Lors de la bataille du mont Čegar, Stevan Sinđelić se trouvait retranché avec 3 000 hommes et une grande réserve de munitions. Les commandants Veljko Petrović et Petar Dobrnjac (en) s'étaient retirés avec leurs armées. Quand les Ottomans apprirent que ces deux chefs s'étaient retirés et que Sinđelić s'en trouvait ainsi affaibli, ils sortirent de Niš le et marchèrent contre lui. Les Turcs lancèrent quatre attaques successives mais furent repoussés à chaque fois ; ils engagèrent alors toutes leurs forces dans un ultime assaut. Sinđelić, voyant la défaite proche, tira dans un baril de poudre qui se trouvait à côté de lui, faisant exploser sa réserve de munitions et tuant un grand nombre d’adversaires.

Khursit Pacha, qui commandait l’armée ottomane, fît élever une tour avec les crânes des soldats serbes tués au cours de la bataille, en signe d’avertissement pour tous les rebelles. Le crâne de Stevan Sinđelić fut placé au sommet de la tour. Les Serbes appelèrent cette tour Ćele Kula, la « tour des crânes ».

Dans son Voyage en Orient, au chapitre intitulé Notes pour la Servie, le poète français Alphonse de Lamartine rapporte qu'il est passé par Niš (qu'il appelle « Nissa ») en 1833 ; il a vu la tour et il a écrit : « Cette plaine avait été le champ de mort de ces généreux insurgés, et ce monument était leur sépulcre ; je saluai de l'œil et du cœur les restes de ces hommes héroïques, dont les têtes coupées sont devenues la borne de l'indépendance de leur patrie » ; il a ajouté ces mots : « Qu'ils [les Serbes] laissent subsister ce monument ! Il apprendra à leurs enfants ce que vaut l'indépendance d'un peuple, en leur montrant à quel prix leurs pères l'ont payée »[5].

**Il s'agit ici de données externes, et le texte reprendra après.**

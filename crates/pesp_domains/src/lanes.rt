//! Eight words at a time.
#![tactic(auto)]

ghost use Rattle.std.specs.Prelude.{◌≡◌, ℕ, ◌+◌, ◌-◌, ◌*◌, ◌/◌, ◌%◌, ◌^◌, ◌<◌, ◌≤◌, length};
ghost use Rattle.pesp_domains.specs.Bits.{IsJoinedEight};

use std::simd::prelude::*;

/// Eight words from a place on, joined with the bits that stand so many places further on.
pub fn joined_eight(words: &[u64], k: usize, by: usize) -> u64x8
    requires room { k + by / 64 + 9 ≤ length words.now }
    ensures { IsJoinedEight words.now result k by }
{
    let at = k + by / 64;
    let shift = (by % 64) as u64;
    let here = u64x8::from_slice(&words[k..]);
    let low = u64x8::from_slice(&words[at..]) >> u64x8::splat(shift);
    let next = u64x8::from_slice(&words[at + 1..]);
    let high = (next << u64x8::splat(63 - shift)) << u64x8::splat(1);
    here | (low | high)
}
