//! The rows of a network, made ready for propagation.

ghost use Rattle.std.specs.Prelude.{◌≡◌, ℕ, ◌<◌, ◌≤◌, length, IfOk, OnOk};
ghost use Rattle.pesp_network.specs.Networks.{KeepsNetLimits};
ghost use Rattle.pesp_domains.specs.Domains.{HaveSizes};
ghost use Rattle.pesp_domains.specs.Outcomes.{Shrinks, IsOutcome, LeavesSupported};
ghost use Rattle.pesp_domains.specs.Visits.{net_at, sets_at};
ghost use Rattle.pesp_domains.specs.Rows.{RowsValue, network_rows};

use crate::domains::Domains;
use crate::outcome::Outcome;
use crate::settle::{settle, visit_waiting};
use crate::waiting::Waiting;
use pesp_network::{Chains, Network};
use pesp_problem::{Arc, Memory};
use std::alloc::Global;
use std::marker::Model;

/// The arcs of a network in order, and the rows at each event.
#[derive(Drop)]
pub struct Rows {
    period: u32,
    events: u32,
    arcs: Vec<Arc>,
    chains: Chains,
}

impl Model for Rows {
    ghost use Rattle.std.specs.Prelude.{ℕ, ◌<◌, ◌≤◌, length};
    ghost use Rattle.pesp_network.specs.Chains.{AreChains};
    ghost use Rattle.pesp_problem.specs.declared.limits.TheConstants.{MOST_ROWS};
    ghost use Rattle.pesp_problem.specs.ArcLimits.{HaveEnds};
    ghost use Rattle.pesp_domains.specs.Rows.{RowsValue};

    ghost Value = { RowsValue };

    ghost view = { λ r. record { period = r.period; events = r.events; arcs = r.arcs.items } };

    ghost invariant = { λ r. (length r.arcs.items ≤ MOST_ROWS) × HaveEnds r.events r.arcs.items
        × AreChains r.arcs.items r.events r.chains };
}

impl Rows {
    /// The rows of a network.
    pub fn of(alloc: Global, network: &Network) -> Result<Rows, Memory>
        ensures rows { IfOk result (λ rows. rows ≡ network_rows network.now) }
        ensures limits { OnOk result (KeepsNetLimits network.now) }
    {
        let arcs = Vec::from_slice(alloc, network.arcs())?;
        let chains = network.chains(alloc)?;
        Ok(Rows {
            period: network.period(),
            events: network.events(),
            arcs,
            chains,
        })
    }

    /// The arcs in order.
    pub fn arcs(&self) -> &[Arc]
        ensures { result.now ≡ self.now.arcs }
    {
        &self.arcs
    }

    /// The last row at an event by its number from 1, 0 where there is none or no such event.
    pub fn last_at(&self, event: u32) -> u32 {
        self.chains.first.get(event as usize).copied().unwrap_or(0)
    }

    /// The row before this one at one of its ends, 0 where there is none.
    pub fn before(&self, row: u32, is_tail: bool) -> u32 {
        let chain = if is_tail {
            &self.chains.at_tail
        } else {
            &self.chains.at_head
        };
        chain.get(row as usize).copied().unwrap_or(0)
    }

    /// Takes away what some row does not support under these slack ranges, one for each row.
    pub fn settle_all(
        &self,
        alloc: Global,
        domains: &mut Domains,
        ranges: &[(u32, u32)],
    ) -> Result<Outcome, Memory>
        requires sizes { HaveSizes self.now.period self.now.events domains.old }
        requires ranges { length ranges.now ≡ length self.now.arcs }
        ensures sizes { HaveSizes self.now.period self.now.events domains.new }
        ensures shrinks { Shrinks (net_at self.now.period self.now.arcs) ranges.now
            (sets_at self.now.period domains.old.words)
            (sets_at self.now.period domains.new.words) }
        ensures outcome { IfOk result
            (IsOutcome self.now.events (sets_at self.now.period domains.new.words)) }
        ensures supported { IfOk result (LeavesSupported (net_at self.now.period self.now.arcs)
            ranges.now (sets_at self.now.period domains.new.words)) }
    {
        let waiting = Waiting::all(alloc, self.arcs.len())?;
        settle(alloc, domains, &self.arcs, ranges, &self.chains, waiting)
    }

    /// The same, where only the set of one event has changed since all rows supported the sets and none was empty.
    pub fn settle_at(
        &self,
        alloc: Global,
        domains: &mut Domains,
        ranges: &[(u32, u32)],
        event: u32,
    ) -> Result<Outcome, Memory>
        requires sizes { HaveSizes self.now.period self.now.events domains.old }
        requires ranges { length ranges.now ≡ length self.now.arcs }
        requires event { event < self.now.events }
        ensures sizes { HaveSizes self.now.period self.now.events domains.new }
    {
        let mut waiting = Waiting::none(alloc, self.arcs.len())?;
        waiting.wake(&self.arcs, &self.chains, event, 0)?;
        if domains.has_none(event) {
            return Ok(Outcome::Empty { event });
        }
        match visit_waiting(alloc, domains, &self.arcs, ranges, &self.chains, waiting)? {
            Some(event) => Ok(Outcome::Empty { event }),
            None => Ok(Outcome::Stable),
        }
    }
}
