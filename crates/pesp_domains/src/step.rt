//! Sets of numbers as bits of words, and the step that keeps the supported numbers of one.

ghost use Rattle.std.specs.Prelude.{◌≡◌, ℕ, ◌+◌, ◌-◌, ◌*◌, ◌/◌, ◌%◌, ◌^◌, ◌<◌, ◌≤◌, ◌≢◌, ◌↔◌, ◌⊎◌, length, slice_index, bit_or, bit_and, max, min};
ghost use Rattle.std.specs.Int.{bit_at};
ghost use Rattle.pesp_problem.specs.declared.limits.TheConstants.{MOST_PERIOD};
ghost use Rattle.pesp_problem.specs.Words.{IsLess};
ghost use Rattle.pesp_domains.specs.Bits.{bit, IsWindow, IsTwice, KeepsSupported, KeepsShifted};

use crate::lanes;

/// So many shifts round a period, from the first on.
#[derive(Clone, Copy, PartialEq, Eq)]
pub struct Shifts {
    pub first: usize,
    pub count: usize,
}

/// The word at a place, 0 past the end.
fn word_at(words: &[u64], at: usize) -> u64
    ensures { result ≡ slice_index words.now at }
{
    if at < words.len() { words[at] } else { 0 }
}

/// The 64 bits from a place on.
pub(crate) fn word_from(words: &[u64], place: usize) -> u64
    ensures { (j : ℕ) → j < 64 → bit_at result j ≡ bit words.now (place + j) }
{
    let at = place / 64;
    let by = (place % 64) as u32;
    let low = word_at(words, at);
    if by == 0 {
        return low;
    }
    let high = word_at(words, at + 1);
    (low >> by) | (high << (64 - by))
}

/// Adds to each place what stands so many places further on.
fn or_ahead(words: &mut [u64], by: usize)
    requires few { length words.old ≤ 2 ^ 32 }
    requires by { by ≤ 2 ^ 32 }
    ensures { (d : ℕ) → bit words.new d ≡ max (bit words.old d) (bit words.old (d + by)) }
{
    let mut k = 0;
    while k + by / 64 + 9 <= words.len() {
        let joined = lanes::joined_eight(words, k, by);
        joined.copy_to_slice(&mut words[k..]);
        k += 8;
    }
    'rest: while k < words.len() {
        let more = word_from(words, 64 * k + by);
        let word = words[k];
        words[k] = word | more;
        k += 1;
    }
}

/// The 64 bits from a word on, of the set that is moved so many places up.
fn word_behind(words: &[u64], k: usize, by: usize) -> u64
    requires { k ≤ 2 ^ 32 }
    ensures above { (j : ℕ) → j < 64 → by ≤ 64 * k + j
        → bit_at result j ≡ bit words.now (64 * k + j - by) }
    ensures below { (j : ℕ) → j < 64 → 64 * k + j < by → bit_at result j ≡ 0 }
{
    let place = 64 * k;
    if by <= place {
        return word_from(words, place - by);
    }
    let short = by - place;
    if short < 64 {
        return word_at(words, 0) << short;
    }
    0
}

/// Takes all away.
fn clear(words: &mut [u64])
    ensures { (d : ℕ) → bit words.new d ≡ 0 }
{
    for word in words.iter_mut() {
        *word = 0;
    }
}

/// Joins to each place the next ones, so many in all.
pub(crate) fn spread(words: &mut [u64], count: usize)
    requires few { length words.old ≤ 2 ^ 32 }
    requires count { count ≤ 2 ^ 32 }
    ensures { IsWindow words.old words.new count }
{
    if count == 0 {
        clear(words);
        return;
    }
    let mut reach = 1;
    while reach < count {
        let by = reach.min(count - reach);
        or_ahead(words, by);
        reach += by;
    }
}

/// Lays a set of numbers below the period out twice, one after the other.
pub(crate) fn lay_twice(others: &[u64], period: usize, twice: &mut [u64])
    requires few { length twice.old ≤ 2 ^ 32 }
    requires period { (0 < period) × (period ≤ 2 ^ 32) }
    requires room { 2 * period ≤ 64 * length twice.old }
    requires clear { (d : ℕ) → period ≤ d → bit others.now d ≡ 0 }
    ensures { IsTwice period others.now twice.new }
{
    for k in 0..twice.len() {
        let once = word_from(others, 64 * k);
        let again = word_behind(others, k, period);
        twice[k] = once | again;
    }
}

/// Takes from `kept` each number from which no shift leads, round the period, to a number of `others`, and tells whether
/// there was one. The work is done on words: the others are laid out twice, so that no shift has to go round, then each
/// place is joined with those that the shifts lead to, by doubling, and the numbers at such places stay.
pub fn keep_supported(
    kept: &mut [u64],
    others: &[u64],
    period: usize,
    shifts: Shifts,
    room: &mut [u64],
) -> bool
    requires period { (0 < period) × (period ≤ MOST_PERIOD) }
    requires first { shifts.first < period }
    requires count { shifts.count ≤ period }
    requires room { 2 * period ≤ 64 * length room.old }
    requires few { (length room.old ≤ 2 ^ 32) × (length kept.old ≤ 2 ^ 32) }
    requires clear_kept { (d : ℕ) → period ≤ d → bit kept.old d ≡ 0 }
    requires clear_others { (d : ℕ) → period ≤ d → bit others.now d ≡ 0 }
    ensures supported { KeepsSupported period shifts.first shifts.count kept.old others.now
        kept.new }
    ensures less { IsLess kept.old kept.new result }
{
    lay_twice(others, period, room);
    spread(room, shifts.count);
    keep_shifted(kept, room, shifts.first, period - shifts.first)
}

/// Keeps the numbers that are in the set when that is moved down by one number or up by another.
pub(crate) fn keep_shifted(kept: &mut [u64], wide: &[u64], down: usize, up: usize) -> bool
    requires few { length kept.old ≤ 2 ^ 32 }
    requires down { down ≤ 2 ^ 32 }
    ensures shifted { KeepsShifted kept.old kept.new wide.now down up }
    ensures less { IsLess kept.old kept.new result }
{
    let mut changed = false;
    for k in 0..kept.len() {
        let below = word_from(wide, 64 * k + down);
        let above = word_behind(wide, k, up);
        let word = kept[k];
        let next = word & (below | above);
        changed |= next != word;
        kept[k] = next;
    }
    changed
}

/// So many ones.
fn ones(count: usize) -> u64
    ensures ones { (j : ℕ) → j < 64 → j < count → bit_at result j ≡ 1 }
    ensures zeros { (j : ℕ) → j < 64 → count ≤ j → bit_at result j ≡ 0 }
{
    if count >= 64 {
        u64::MAX
    } else {
        (1 << count) - 1
    }
}

/// Makes a set of all numbers below a count.
pub(crate) fn fill(set: &mut [u64], count: usize)
    requires few { length set.old ≤ 2 ^ 32 }
    ensures ones { (d : ℕ) → d < count → d < 64 * length set.old → bit set.new d ≡ 1 }
    ensures zeros { (d : ℕ) → count ≤ d → bit set.new d ≡ 0 }
{
    for k in 0..set.len() {
        let word = ones(count.saturating_sub(64 * k));
        set[k] = word;
    }
}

En 1841, l'économiste français Adolphe Blanqui, qui visita Niš, décrit l'aspect du monument : « Avant d'entrer dans ces murs, nos yeux furent attristés à l'aspect d'un hideux monument tristement caractéristique de l'état social du pays. C'est une pyramide quadrangulaire tronquée, incrustée de trois ou quatre mille crânes de chrétiens serbes qui succombèrent dans un combat contre les Turcs en 1816, et dont le fanatisme musulman a fait, aux portes même de la ville, ce barbare trophée. Les quatre faces du monument sont recouvertes, comme une mosaïque, de plusieurs milliers de crânes scellés dans la muraille depuis le sol jusqu'au sommet. La piété des Bulgares en a déjà enlevé quelques centaines pour leur donner la sépulture ; mais il en reste encore un très grand nombre, auxquels tiennent des lambeaux de chevelures agitées par le vent. C'est une colonne triomphale de cannibales : il est impossible de n'être pas saisi d'horreur en la voyant. Je saluai respectueusement ces dépouilles de chrétiens morts pour la défense de leur patrie et de leur religion ; un jour viendra peut-être, où sur la place même qui supporte aujourd'hui leurs restes profanés, la Bulgarie émancipée élèvera un temple à leur mémoire. »[6]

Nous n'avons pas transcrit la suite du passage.